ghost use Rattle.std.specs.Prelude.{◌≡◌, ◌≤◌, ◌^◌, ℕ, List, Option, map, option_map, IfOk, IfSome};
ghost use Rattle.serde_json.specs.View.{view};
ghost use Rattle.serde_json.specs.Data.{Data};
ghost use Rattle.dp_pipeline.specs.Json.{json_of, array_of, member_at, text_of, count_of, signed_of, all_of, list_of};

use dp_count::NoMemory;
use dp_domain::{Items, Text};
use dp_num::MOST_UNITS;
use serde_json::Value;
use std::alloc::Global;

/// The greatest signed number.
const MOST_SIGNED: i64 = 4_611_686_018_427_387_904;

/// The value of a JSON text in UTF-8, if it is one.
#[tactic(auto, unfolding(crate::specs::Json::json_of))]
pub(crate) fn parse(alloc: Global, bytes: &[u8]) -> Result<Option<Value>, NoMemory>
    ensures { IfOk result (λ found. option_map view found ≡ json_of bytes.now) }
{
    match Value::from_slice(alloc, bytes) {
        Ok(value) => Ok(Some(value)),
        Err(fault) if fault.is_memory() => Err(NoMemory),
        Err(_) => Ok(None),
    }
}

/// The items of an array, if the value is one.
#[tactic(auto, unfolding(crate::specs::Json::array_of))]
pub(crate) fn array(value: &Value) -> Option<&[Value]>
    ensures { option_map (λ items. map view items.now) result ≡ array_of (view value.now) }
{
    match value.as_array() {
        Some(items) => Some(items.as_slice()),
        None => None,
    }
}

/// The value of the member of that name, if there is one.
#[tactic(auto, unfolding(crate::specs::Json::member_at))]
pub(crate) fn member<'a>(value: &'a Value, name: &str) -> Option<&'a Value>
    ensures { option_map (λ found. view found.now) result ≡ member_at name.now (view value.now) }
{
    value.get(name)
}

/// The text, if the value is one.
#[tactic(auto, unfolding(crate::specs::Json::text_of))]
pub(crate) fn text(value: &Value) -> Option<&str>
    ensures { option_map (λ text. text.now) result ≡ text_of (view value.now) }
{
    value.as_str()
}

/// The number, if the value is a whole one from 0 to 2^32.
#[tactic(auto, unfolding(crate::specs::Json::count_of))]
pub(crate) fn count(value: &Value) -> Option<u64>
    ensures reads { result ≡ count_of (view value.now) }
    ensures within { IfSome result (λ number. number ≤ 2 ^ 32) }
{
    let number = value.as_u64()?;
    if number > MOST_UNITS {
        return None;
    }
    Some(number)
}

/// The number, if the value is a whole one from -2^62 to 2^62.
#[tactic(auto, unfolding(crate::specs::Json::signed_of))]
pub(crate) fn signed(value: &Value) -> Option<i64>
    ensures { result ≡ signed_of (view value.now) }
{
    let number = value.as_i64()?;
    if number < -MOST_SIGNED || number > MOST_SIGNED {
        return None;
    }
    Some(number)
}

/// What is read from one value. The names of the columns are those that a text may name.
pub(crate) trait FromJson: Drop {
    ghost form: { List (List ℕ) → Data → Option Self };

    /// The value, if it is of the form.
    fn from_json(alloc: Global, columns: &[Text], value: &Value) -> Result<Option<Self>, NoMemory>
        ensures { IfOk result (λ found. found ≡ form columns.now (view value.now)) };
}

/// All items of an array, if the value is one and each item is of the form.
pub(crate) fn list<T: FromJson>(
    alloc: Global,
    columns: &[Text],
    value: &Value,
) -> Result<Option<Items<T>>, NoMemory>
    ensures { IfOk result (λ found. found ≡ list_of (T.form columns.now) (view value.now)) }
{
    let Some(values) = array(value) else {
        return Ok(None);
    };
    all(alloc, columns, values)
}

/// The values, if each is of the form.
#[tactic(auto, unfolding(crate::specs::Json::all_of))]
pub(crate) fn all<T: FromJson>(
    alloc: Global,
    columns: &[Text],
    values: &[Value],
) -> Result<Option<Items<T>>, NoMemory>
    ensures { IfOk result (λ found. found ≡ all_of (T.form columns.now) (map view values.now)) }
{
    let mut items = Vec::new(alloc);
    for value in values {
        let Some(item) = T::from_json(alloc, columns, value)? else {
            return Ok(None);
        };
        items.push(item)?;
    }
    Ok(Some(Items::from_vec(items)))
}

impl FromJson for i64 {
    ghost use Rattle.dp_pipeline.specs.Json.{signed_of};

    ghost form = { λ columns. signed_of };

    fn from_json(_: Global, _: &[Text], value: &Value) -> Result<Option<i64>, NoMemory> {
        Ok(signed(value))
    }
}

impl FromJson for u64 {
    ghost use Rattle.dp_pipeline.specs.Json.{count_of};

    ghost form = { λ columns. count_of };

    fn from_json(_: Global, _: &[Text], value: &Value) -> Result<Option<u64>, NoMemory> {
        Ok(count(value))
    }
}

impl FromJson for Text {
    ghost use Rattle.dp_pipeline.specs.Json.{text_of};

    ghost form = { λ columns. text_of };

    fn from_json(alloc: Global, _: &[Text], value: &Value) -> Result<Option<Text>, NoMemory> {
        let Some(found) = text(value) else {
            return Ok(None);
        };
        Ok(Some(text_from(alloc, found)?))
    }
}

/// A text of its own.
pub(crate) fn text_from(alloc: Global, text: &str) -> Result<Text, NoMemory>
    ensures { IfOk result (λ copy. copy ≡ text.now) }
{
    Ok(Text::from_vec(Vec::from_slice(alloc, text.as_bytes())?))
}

# [Task description]
Lines above with the string "impl" need to be found and copied.

# [Written answer]
impl FromJson for i64 {
impl FromJson for u64 {
impl FromJson for Text {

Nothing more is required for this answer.